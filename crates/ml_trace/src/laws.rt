// Laws over the definitions of this crate alone. Each stands on a function that does nothing.
ghost use Rattle.ml_trace.specs.AutomatonNumbers.{NumbersAreStates};
ghost use Rattle.ml_trace.specs.LabelledLoop.{OddLoopHasRun};
ghost use Rattle.ml_trace.specs.MarkOrder.{PrioritiesAgree};

/// Where the odd priorities ascend, the numbering is one-to-one: the state with the number of a state of the automaton is
/// that state, and the number of the state with a number is that number.
pub fn numbers_are_states()
    ensures { NumbersAreStates }
{}

/// Marks compare as their numbers: where the number of Neutral is even and above those of the other marks, the lowest
/// number is odd exactly if the lowest mark is.
pub fn priorities_agree()
    ensures { PrioritiesAgree }
{}

/// On a loop of marked steps that satisfy the condition on names, let each name in use stand in some item of the entry
/// where it begins. If its lowest mark is odd, some item there has an accepting run to its own state along the loop, one
/// or more times over.
///
/// This is the core of both the first cycle law of histories and the soundness of refutations: it asks nothing more of
/// how the steps and their marks were made.
pub fn odd_loop_has_run()
    ensures { OddLoopHasRun }
{}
----------------------------------------
Search the data for "more". Copy every line that has it.

/// or more times over.
/// This is the core of both the first cycle law of histories and the soundness of refutations: it asks nothing more of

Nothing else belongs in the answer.